**Task**
Go through the records line by line. Report how many lines contain "code", with nothing else.

▽

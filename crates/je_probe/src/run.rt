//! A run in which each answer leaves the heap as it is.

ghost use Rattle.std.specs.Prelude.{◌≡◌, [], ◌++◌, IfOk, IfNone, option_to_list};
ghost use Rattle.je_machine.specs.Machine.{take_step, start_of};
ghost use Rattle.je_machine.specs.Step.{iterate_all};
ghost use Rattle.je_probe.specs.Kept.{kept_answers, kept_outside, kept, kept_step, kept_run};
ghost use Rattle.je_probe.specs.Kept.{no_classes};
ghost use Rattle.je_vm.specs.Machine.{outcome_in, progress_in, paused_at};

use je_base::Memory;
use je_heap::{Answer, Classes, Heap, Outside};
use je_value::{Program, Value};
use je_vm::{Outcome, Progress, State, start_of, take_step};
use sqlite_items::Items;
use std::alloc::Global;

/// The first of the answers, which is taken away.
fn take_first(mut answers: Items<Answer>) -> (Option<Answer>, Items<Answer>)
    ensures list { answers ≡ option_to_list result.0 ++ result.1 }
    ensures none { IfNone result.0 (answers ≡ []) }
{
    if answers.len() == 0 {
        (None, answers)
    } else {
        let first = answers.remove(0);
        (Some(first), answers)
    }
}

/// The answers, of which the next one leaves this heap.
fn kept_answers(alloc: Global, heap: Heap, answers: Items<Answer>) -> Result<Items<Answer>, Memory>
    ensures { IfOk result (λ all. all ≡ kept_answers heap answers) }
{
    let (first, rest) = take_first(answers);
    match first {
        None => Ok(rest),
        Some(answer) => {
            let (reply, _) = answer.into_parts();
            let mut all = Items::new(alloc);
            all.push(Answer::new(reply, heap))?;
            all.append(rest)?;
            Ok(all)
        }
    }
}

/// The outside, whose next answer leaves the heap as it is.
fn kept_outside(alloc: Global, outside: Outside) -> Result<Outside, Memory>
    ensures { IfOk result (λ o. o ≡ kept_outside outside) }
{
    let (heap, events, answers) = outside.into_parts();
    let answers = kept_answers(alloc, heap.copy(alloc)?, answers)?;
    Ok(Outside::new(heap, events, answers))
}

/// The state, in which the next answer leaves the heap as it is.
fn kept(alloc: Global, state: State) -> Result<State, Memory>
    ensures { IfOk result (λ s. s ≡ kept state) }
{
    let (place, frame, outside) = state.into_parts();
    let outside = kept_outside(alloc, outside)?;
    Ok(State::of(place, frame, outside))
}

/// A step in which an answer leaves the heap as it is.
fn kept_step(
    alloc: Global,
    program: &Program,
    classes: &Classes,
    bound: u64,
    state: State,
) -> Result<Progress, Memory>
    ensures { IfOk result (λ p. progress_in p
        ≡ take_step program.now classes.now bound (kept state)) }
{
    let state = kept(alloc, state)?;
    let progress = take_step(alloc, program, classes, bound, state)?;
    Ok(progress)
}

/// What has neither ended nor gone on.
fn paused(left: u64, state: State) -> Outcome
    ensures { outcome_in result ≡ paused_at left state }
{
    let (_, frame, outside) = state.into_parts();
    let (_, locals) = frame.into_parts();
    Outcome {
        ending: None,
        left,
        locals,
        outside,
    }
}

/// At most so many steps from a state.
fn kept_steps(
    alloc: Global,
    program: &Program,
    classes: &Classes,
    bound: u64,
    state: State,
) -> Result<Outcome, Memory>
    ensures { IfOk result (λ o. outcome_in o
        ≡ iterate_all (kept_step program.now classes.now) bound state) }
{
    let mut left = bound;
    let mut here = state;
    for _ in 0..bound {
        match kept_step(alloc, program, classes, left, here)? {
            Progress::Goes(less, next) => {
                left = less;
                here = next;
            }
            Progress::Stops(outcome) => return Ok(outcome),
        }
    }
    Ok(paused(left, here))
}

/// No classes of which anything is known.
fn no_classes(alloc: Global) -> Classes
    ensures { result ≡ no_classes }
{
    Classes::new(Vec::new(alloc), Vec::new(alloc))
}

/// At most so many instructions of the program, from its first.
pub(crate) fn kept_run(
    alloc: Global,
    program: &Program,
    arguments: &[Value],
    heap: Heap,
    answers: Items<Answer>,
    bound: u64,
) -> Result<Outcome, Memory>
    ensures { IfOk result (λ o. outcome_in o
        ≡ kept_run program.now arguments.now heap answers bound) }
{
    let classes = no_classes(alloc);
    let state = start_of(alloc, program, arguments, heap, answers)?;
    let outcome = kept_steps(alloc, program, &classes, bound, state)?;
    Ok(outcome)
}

△
▽

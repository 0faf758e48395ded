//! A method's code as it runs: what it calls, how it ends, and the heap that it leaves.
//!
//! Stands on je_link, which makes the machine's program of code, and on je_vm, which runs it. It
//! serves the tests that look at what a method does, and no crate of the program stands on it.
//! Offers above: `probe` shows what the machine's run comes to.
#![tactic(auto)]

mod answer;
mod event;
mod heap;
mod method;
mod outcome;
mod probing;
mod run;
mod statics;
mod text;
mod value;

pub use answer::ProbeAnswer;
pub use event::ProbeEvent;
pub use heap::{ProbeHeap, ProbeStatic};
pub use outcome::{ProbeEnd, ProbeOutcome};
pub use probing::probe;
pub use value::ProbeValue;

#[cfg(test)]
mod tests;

△

**Exercise output**
2